What is required:
All entries must be given again in full, exactly as they were supplied.

Data listing:
//! The line on functions that were made.

ghost use Rattle.std.specs.Prelude.{◌≡◌, IfOk, string_bytes};
ghost use Rattle.pp_print.specs.Made.{made_text};

use pp_text::NoMemory;
use std::alloc::Global;

/// The line `made N functions`, with the number of functions of a source that was made. The only error is want of
/// memory.
pub fn made_line(alloc: Global, functions: u32) -> Result<String, NoMemory>
    ensures { IfOk result (λ s. string_bytes s ≡ made_text functions) }
{
    format!(in alloc; "made {functions} functions\n")
}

Written response:
//! The line on functions that were made.

ghost use Rattle.std.specs.Prelude.{◌≡◌, IfOk, string_bytes};
ghost use Rattle.pp_print.specs.Made.{made_text};

use pp_text::NoMemory;
use std::alloc::Global;

/// The line `made N functions`, with the number of functions of a source that was made. The only error is want of
/// memory.
pub fn made_line(alloc: Global, functions: u32) -> Result<String, NoMemory>
    ensures { IfOk result (λ s. string_bytes s ≡ made_text functions) }
{
    format!(in alloc; "made {functions} functions\n")
}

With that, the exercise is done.